* **Data for processing**:
^^^^^^^^

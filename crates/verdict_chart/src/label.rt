// The words that text, page and report share.
use script::line::byte_at;
use stepper_lines::line::Line;
use stepper_lines::print::{number, text};
use stepper_lines::type_error;
use stepper_words::list::{item, line_of};
use stepper_words::vocabulary::MNEMONICS;
use type_rules::code::REAL_REQUIRED;

// One line of a text, by its place from 0.
fn listed(line: Line, list: &[u8], place: u64) -> Line {
    line.text(line_of(list, place))
}

pub fn title() {
    text(b"Verdicts of the type check");
}

const FAMILIES: &[u8] = b"arithmetic\ncomparison\nbinary logic\nunary\nmove\nexchange\nload\nstore";

pub fn family_name(line: Line, family: u64) -> Line {
    listed(line, FAMILIES, family)
}

// As one word.
pub fn family_word(line: Line, family: u64) -> Line {
    let name = line_of(FAMILIES, family);
    let first = line.text(item(name, 0));
    let rest = item(name, 1);
    if rest.is_empty() {
        return first;
    }
    first.with(b'-').text(rest)
}

pub fn mnemonics(line: Line, family: u64) -> Line {
    listed(line, &MNEMONICS, family)
}

pub fn mnemonic(line: Line, family: u64, operator: u64) -> Line {
    line.text(item(line_of(&MNEMONICS, family), operator))
}

// What a block's rows, groups of columns and columns are, a line for each family.
const ROLES: &[u8] =
    b"destination by source\ndestination by lhs by rhs\ndestination by source\noperand by operator\ndestination by source\nleft by right\ndestination by source by offset\ndestination by offset by source";

pub fn roles(line: Line, family: u64) -> Line {
    listed(line, ROLES, family)
}

// One of them, by its place among the line's words.
pub fn role(line: Line, family: u64, place: u64) -> Line {
    line.text(item(line_of(ROLES, family), place))
}

// What an operand may be: undeclared, of four kinds, of two literals.
pub const OPERANDS: u64 = 7;

pub fn operand(line: Line, place: u64) -> Line {
    listed(
        line,
        b"undeclared\nBIT\nINTEGER\nOCTET\nREAL\ninteger literal\nreal literal",
        place,
    )
}

// In short, for the head of a column.
pub fn short_operand(line: Line, place: u64) -> Line {
    listed(line, b"und.\nBIT\nINT\nOCT\nREAL\n1\n0.5", place)
}

// As a letter.
pub fn operand_letter(place: usize) -> u8 {
    byte_at(b"ubiornx", place)
}

fn error_words(kind: u64) {
    text(b"type error ");
    number(kind);
    text(b" (");
    type_error::name(kind);
    text(b"): ");
    type_error::cause(kind);
    if kind == REAL_REQUIRED {
        text(b"; no frame is here");
    }
}

pub fn verdict_words(verdict: u8) {
    if verdict == 0 {
        text(b"accepted");
        return;
    }
    error_words(u64::from(verdict));
}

^^^^^^^^

* **Problem to work on**: All that is wanted is the set of lines from the one with "no frame is" through the last line of the entries, both included, output exactly.

* **Reply to the exercise**:
        text(b"; no frame is here");
    }
}

pub fn verdict_words(verdict: u8) {
    if verdict == 0 {
        text(b"accepted");
        return;
    }
    error_words(u64::from(verdict));
}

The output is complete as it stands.